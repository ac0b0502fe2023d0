// The predicates.
use containers::ListOf;
use pd_sexp::Name;

/// A declared predicate. Predicates are numbered from 0 in order of declaration.
#[derive(Drop)]
pub struct Predicate {
    /// Its name.
    pub name: Name,
    /// How many terms its atoms have.
    pub arity: u32,
}

/// The declared predicates, by number.
pub type Predicates = ListOf<Predicate>;
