// The objects.
use containers::ListOf;
use pd_sexp::Name;
use std::cmp::Ordering;
use std::marker::Model;

/// A declared object. Objects are numbered from 0, the constants of the domain first.
#[derive(Drop)]
pub struct ObjectDecl {
    /// Its name.
    pub name: Name,
    /// The number of its type.
    pub kind: u32,
}

/// The declared objects, by number.
pub type ObjectDecls = ListOf<ObjectDecl>;

/// Numbers of objects: those of a ground atom or of a call.
#[derive(Drop)]
pub struct Objects {
    items: Vec<u32>,
}

impl Model for Objects {
    ghost use Rattle.std.specs.Prelude.{List, ℕ};

    ghost Value = { List ℕ };

    ghost view = { λ l. l.items.items };
}

impl Objects {
    ghost use Rattle.std.specs.Prelude.{◌≡◌};

    /// The list of these items; takes no memory.
    pub fn of(items: Vec<u32>) -> Self
        ensures { result ≡ items.items }
    {
        Objects { items }
    }

    /// The items.
    pub fn as_slice(&self) -> &[u32]
        ensures { result.now ≡ self.now }
    {
        &self.items
    }

    /// The items themselves; takes no memory.
    pub fn into_vec(self) -> Vec<u32>
        ensures { result.items ≡ self }
    {
        self.items
    }
}

impl PartialEq for Objects {
    ghost use Rattle.std.specs.Prelude.{◌==◌};
    ghost use Rattle.std.proofs.Common.{rules};
    ghost use Rattle.std.specs.Cmp.Rules.{comparing};
    ghost use Rattle.std.specs.Cmp.Lexicographic.{pointwise};

    ghost eq = { pointwise ◌==◌ };

    ghost laws = { Prim.search (comparing, rules) };

    fn eq(&self, other: &Objects) -> bool {
        self.items.as_slice() == other.items.as_slice()
    }
}

impl Eq for Objects {
    ghost use Rattle.std.proofs.Common.{rules};
    ghost use Rattle.std.specs.Cmp.Rules.{comparing};

    ghost laws = { Prim.search (comparing, rules) };
}

impl PartialOrd for Objects {
    ghost use Rattle.std.proofs.Common.{rules};
    ghost use Rattle.std.specs.Cmp.{partial_order_from_own_ties};
    ghost use Rattle.std.specs.Cmp.Rules.{comparing};
    ghost use Rattle.std.specs.Cmp.Lexicographic.{slice_cmp};
    ghost use Rattle.std.specs.Ordering.{nat_cmp, as_partial_cmp};

    ghost partial_cmp = { as_partial_cmp (slice_cmp nat_cmp) };

    ghost laws = { partial_order_from_own_ties (Prim.search (comparing, rules)) (Prim.search (comparing, rules)) };

    fn partial_cmp(&self, other: &Objects) -> Option<Ordering> {
        Some(self.cmp(other))
    }
}

impl Ord for Objects {
    ghost use Rattle.std.proofs.Common.{rules};
    ghost use Rattle.std.specs.Cmp.Rules.{comparing};
    ghost use Rattle.std.specs.Cmp.Lexicographic.{slice_cmp};
    ghost use Rattle.std.specs.Ordering.{nat_cmp};

    ghost cmp = { slice_cmp nat_cmp };

    ghost total = { Prim.search (comparing, rules) };

    ghost matches_partial_cmp = { Prim.search (comparing, rules) };

    ghost matches_eq = { Prim.search (comparing, rules) };

    fn cmp(&self, other: &Objects) -> Ordering {
        self.items.as_slice().cmp(&other.items.as_slice())
    }
}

# # # # #

▸ TASK DESCRIPTION: Word for word, set down each line of the material.

▸ EXPECTED ANSWER:
repository ac0b0502fe2023d0
// The predicates.
use containers::ListOf;
use pd_sexp::Name;

/// A declared predicate. Predicates are numbered from 0 in order of declaration.
#[derive(Drop)]
pub struct Predicate {
    /// Its name.
    pub name: Name,
    /// How many terms its atoms have.
    pub arity: u32,
}

/// The declared predicates, by number.
pub type Predicates = ListOf<Predicate>;
// The objects.
use containers::ListOf;
use pd_sexp::Name;
use std::cmp::Ordering;
use std::marker::Model;

/// A declared object. Objects are numbered from 0, the constants of the domain first.
#[derive(Drop)]
pub struct ObjectDecl {
    /// Its name.
    pub name: Name,
    /// The number of its type.
    pub kind: u32,
}

/// The declared objects, by number.
pub type ObjectDecls = ListOf<ObjectDecl>;

/// Numbers of objects: those of a ground atom or of a call.
#[derive(Drop)]
pub struct Objects {
    items: Vec<u32>,
}

impl Model for Objects {
    ghost use Rattle.std.specs.Prelude.{List, ℕ};

    ghost Value = { List ℕ };

    ghost view = { λ l. l.items.items };
}

impl Objects {
    ghost use Rattle.std.specs.Prelude.{◌≡◌};

    /// The list of these items; takes no memory.
    pub fn of(items: Vec<u32>) -> Self
        ensures { result ≡ items.items }
    {
        Objects { items }
    }

    /// The items.
    pub fn as_slice(&self) -> &[u32]
        ensures { result.now ≡ self.now }
    {
        &self.items
    }

    /// The items themselves; takes no memory.
    pub fn into_vec(self) -> Vec<u32>
        ensures { result.items ≡ self }
    {
        self.items
    }
}

impl PartialEq for Objects {
    ghost use Rattle.std.specs.Prelude.{◌==◌};
    ghost use Rattle.std.proofs.Common.{rules};
    ghost use Rattle.std.specs.Cmp.Rules.{comparing};
    ghost use Rattle.std.specs.Cmp.Lexicographic.{pointwise};

    ghost eq = { pointwise ◌==◌ };

    ghost laws = { Prim.search (comparing, rules) };

    fn eq(&self, other: &Objects) -> bool {
        self.items.as_slice() == other.items.as_slice()
    }
}

impl Eq for Objects {
    ghost use Rattle.std.proofs.Common.{rules};
    ghost use Rattle.std.specs.Cmp.Rules.{comparing};

    ghost laws = { Prim.search (comparing, rules) };
}

impl PartialOrd for Objects {
    ghost use Rattle.std.proofs.Common.{rules};
    ghost use Rattle.std.specs.Cmp.{partial_order_from_own_ties};
    ghost use Rattle.std.specs.Cmp.Rules.{comparing};
    ghost use Rattle.std.specs.Cmp.Lexicographic.{slice_cmp};
    ghost use Rattle.std.specs.Ordering.{nat_cmp, as_partial_cmp};

    ghost partial_cmp = { as_partial_cmp (slice_cmp nat_cmp) };

    ghost laws = { partial_order_from_own_ties (Prim.search (comparing, rules)) (Prim.search (comparing, rules)) };

    fn partial_cmp(&self, other: &Objects) -> Option<Ordering> {
        Some(self.cmp(other))
    }
}

impl Ord for Objects {
    ghost use Rattle.std.proofs.Common.{rules};
    ghost use Rattle.std.specs.Cmp.Rules.{comparing};
    ghost use Rattle.std.specs.Cmp.Lexicographic.{slice_cmp};
    ghost use Rattle.std.specs.Ordering.{nat_cmp};

    ghost cmp = { slice_cmp nat_cmp };

    ghost total = { Prim.search (comparing, rules) };

    ghost matches_partial_cmp = { Prim.search (comparing, rules) };

    ghost matches_eq = { Prim.search (comparing, rules) };

    fn cmp(&self, other: &Objects) -> Ordering {
        self.items.as_slice().cmp(&other.items.as_slice())
    }
}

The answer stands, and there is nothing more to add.